Will companies really end up with a lack of a leadership pipeline though? Probably not, because there will always be people who end up either getting pulled into it or coached into it. However, others remain even more positive than that. Marco Zappacosta, CEO and co-founder at home services website Thumbtack, is in that boat.
“It’s expanding the leadership pipeline,” said Zappacosta. “With remote work we have access to even more amazing leaders living around the country and the world.”
He says he believes people’s aspirations and ambitions still exist to be leaders, even if a leader looks different today.
“In the past having just a job was enough,” said Zappacosta. “People today care about mission and values and view work as a reflection of their own personal goals and beliefs. While this might make being a leader harder, I see it as employees pushing companies to be better. It makes our job as leaders even more meaningful to build and support the growth of a team that has high expectations and is invested in their work – and bringing real value to their users.”
Forsythe agrees. “I have seen some really exceptional leaders coming out of the woodwork, folks that can work across multiple generations, folks that have a tech savviness and understand the use of technology, leaders that really understand to be successful in an organization they need to help their people thrive,” he said.
Ongoing challenges
Remote work, hybrid offices, the emergence of generative AI. That’s just a shortlist of the everyday challenges that leaders are navigating today. It might have slowed down since peak pandemic when no one really knew what to do, but we’re still not totally in the clear.

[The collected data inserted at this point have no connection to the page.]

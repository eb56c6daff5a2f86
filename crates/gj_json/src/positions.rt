//! Reads positions as their cut values, where the same bytes stand between their numbers as between those of the array before.

ghost use Rattle.std.specs.Prelude.{◌≡◌, ◌+◌, ◌-◌, ◌^◌, ◌≤◌, false, length, take, drop, IfSome, IsTrue};
ghost use Rattle.std.specs.Option.{option_map_or};
ghost use Rattle.gj_json.specs.Internal.SpelledPositions.{gap_of, room_of, AreFew, AreSeparators, EndsAt, HasHead, IsInner, SpellsPosition, SpellsPositions, place_after_all};
ghost use Rattle.gj_json.specs.declared.lanes.TheConstants.{LANES};

use crate::cut_position::CutPosition;
use crate::separators::{Inner, Separators};
use gj_number::{Short, cuts_at, digit_span, read_short};

/// How many positions are read at once, at the most.
pub const MOST_POSITIONS: usize = 24;

/// How many bytes a third number has at the most that is read.
const MOST_BYTES_OF_THIRD: usize = 32;

/// How many places a third number has at the most that is read.
const MOST_PLACES_OF_THIRD: u8 = 7;

/// How long a piece must be at the least for its position to be read, not counting what stands between its numbers.
const ROOM: usize = 160;

/// How long a piece must be at the least for its position to be read.
#[inline(always)]
fn room_of(separators: &Separators<'_>) -> usize
    ensures { result ≡ room_of separators.now }
{
    let third = match &separators.third {
        None => 0,
        Some(third) => third.separator.count(),
    };
    ROOM + separators.outer.head.len()
        + separators.inner.separator.count()
        + third
        + separators.outer.separator.count()
}

/// The index after the third number, where this stands between it and the second, which ends at an index.
#[inline(always)]
fn third_end(piece: &[u8], at: usize, third: &Inner<'_>) -> Option<usize>
    requires separator { IsInner third.now }
    requires unsigned { third.now.negative ≡ false }
    requires room { at + LANES ≤ length piece.now }
    ensures near { IfSome result (λ last. last ≤ at + length third.now.separator.bytes.now + 32) }
    ensures ends { IfSome result (λ last. EndsAt piece.now at last) }
{
    if !third.separator.stands::<false>(piece, at) {
        return None;
    }
    let first = at + third.separator.count();
    let mut number = Short::zero();
    let count = read_short(&piece[first..], &mut number);
    if count == 0 || count > MOST_BYTES_OF_THIRD || number.places > MOST_PLACES_OF_THIRD {
        return None;
    }
    Some(first + count)
}

/// The index after the last number of an array, of which the second ends at an index. Where `FEW` says so, the second is the last.
#[inline(always)]
fn last_end<const FEW: bool>(piece: &[u8], at: usize, third: &Option<Inner<'_>>) -> Option<usize>
    requires separator { IfSome third.now (λ third. IsInner third × (third.negative ≡ false)) }
    requires room { at + LANES ≤ length piece.now }
    ensures near { IfSome result (λ last. last ≤ at + option_map_or (λ third. length third.separator.bytes.now) third.now 0 + 32) }
    ensures ends { IfSome result (λ last. EndsAt piece.now at last) }
{
    match third {
        Some(third) if !FEW => third_end(piece, at, third),
        _ => Some(at),
    }
}

/// The position that the piece starts with, where its array has these separators, and a comma and another array follow. The piece
/// begins at the place `start`, with a bracket and what stands up to the first digit.
#[inline(always)]
fn read_position<const FEW: bool>(
    piece: &[u8],
    separators: &Separators<'_>,
    start: u64,
) -> Option<CutPosition>
    requires separators { AreSeparators separators.now }
    requires few { IsTrue FEW → AreFew separators.now }
    requires head { HasHead separators.now piece.now }
    requires small { start + length piece.now ≤ 2 ^ 60 }
    ensures spelled { IfSome result (λ position. SpellsPosition (gap_of separators.now) position start piece.now) }
    ensures next { IfSome result (λ position. HasHead separators.now (drop (position.close_at + 2 + gap_of separators.now) piece.now)) }
{
    if piece.len() < room_of(separators) {
        return None;
    }
    let (inner, outer) = (&separators.inner, &separators.outer);
    let first = outer.head.len();
    let one = digit_span(piece, first)?;
    if !inner.separator.stands::<FEW>(piece, one.end()) {
        return None;
    }
    let second = one.end() + inner.separator.count();
    let other = digit_span(piece, second)?;
    let last = last_end::<FEW>(piece, other.end(), &separators.third)?;
    if !outer.separator.stands::<FEW>(piece, last) {
        return None;
    }
    let (one, two) = cuts_at(piece, outer.negative, one, inner.negative, other)?;
    Some(CutPosition {
        first: one.value,
        second: two.value,
        place: start,
        first_at: (first - outer.negative as usize) as u16,
        second_at: (second - inner.negative as usize) as u16,
        close_at: (last + outer.close) as u16,
        first_precise: one.precise,
        second_precise: two.precise,
    })
}

/// As `read_positions`. Where `FEW` says so, an array has two numbers and few bytes between them.
#[inline(never)]
fn read_in_loop<const FEW: bool>(
    piece: &[u8],
    separators: &Separators<'_>,
    start: u64,
    positions: &mut [CutPosition; MOST_POSITIONS],
) -> usize
    requires separators { AreSeparators separators.now }
    requires few { IsTrue FEW → AreFew separators.now }
    requires head { HasHead separators.now piece.now }
    requires small { start + length piece.now ≤ 2 ^ 60 }
    ensures few { result ≤ 24 }
    ensures spelled { SpellsPositions (gap_of separators.now) (take result positions.new) start piece.now }
    ensures next { HasHead separators.now (drop (place_after_all (gap_of separators.now) (take result positions.new) start - start) piece.now) }
{
    // A copy is not written over by what the loop writes, so the loop keeps it in registers.
    let separators = *separators;
    let end = start + piece.len() as u64;
    let mut count = 0;
    let mut rest = piece;
    while count < MOST_POSITIONS {
        let place = end - rest.len() as u64;
        let Some(position) = read_position::<FEW>(rest, &separators, place) else {
            return count;
        };
        rest = &rest[position.close_at as usize + 2 + separators.gap()..];
        positions[count] = position;
        count += 1;
    }
    count
}

/// Writes to `positions` those that the piece starts with whose arrays have these separators, each with a comma and another array
/// after it, as far as there is room, and returns how many.
#[inline(always)]
pub fn read_positions(
    piece: &[u8],
    separators: &Separators<'_>,
    start: u64,
    positions: &mut [CutPosition; MOST_POSITIONS],
) -> usize
    requires separators { AreSeparators separators.now }
    requires head { HasHead separators.now piece.now }
    requires small { start + length piece.now ≤ 2 ^ 60 }
    ensures few { result ≤ 24 }
    ensures spelled { SpellsPositions (gap_of separators.now) (take result positions.new) start piece.now }
    ensures next { HasHead separators.now (drop (place_after_all (gap_of separators.now) (take result positions.new) start - start) piece.now) }
{
    if separators.are_few() {
        return read_in_loop::<true>(piece, separators, start, positions);
    }
    read_in_loop::<false>(piece, separators, start, positions)
}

“I think the 2020s continue to be a very transformative decade and it’ll be interesting to see, from a leadership perspective, how the rest of this decade plays out,” said Forsythe.
The Headspace report found that remote CEOs are more stressed than CEOs who lead in-office workers. But AI remains a top challenge above all. According to LHH’s data, “technological disruption including AI” was the top external challenge, cited by 29% of respondents, while ‘digital transformation’ (26%) was the top internal challenge.
“From hybrid to artificial intelligence, leaders need to be able to imagine and prepare a workforce for getting work done, but it can’t be the same coach that they were growing up with because technology is changing how work happens,” said Forsythe. “People are trying to break old habits.”
Frawley doubles down on that, saying that AI is changing the way leaders think about work.
“It changes every assumption that you’ve ever had, that now you need to completely throw out the window and start at zero,” said Frawley.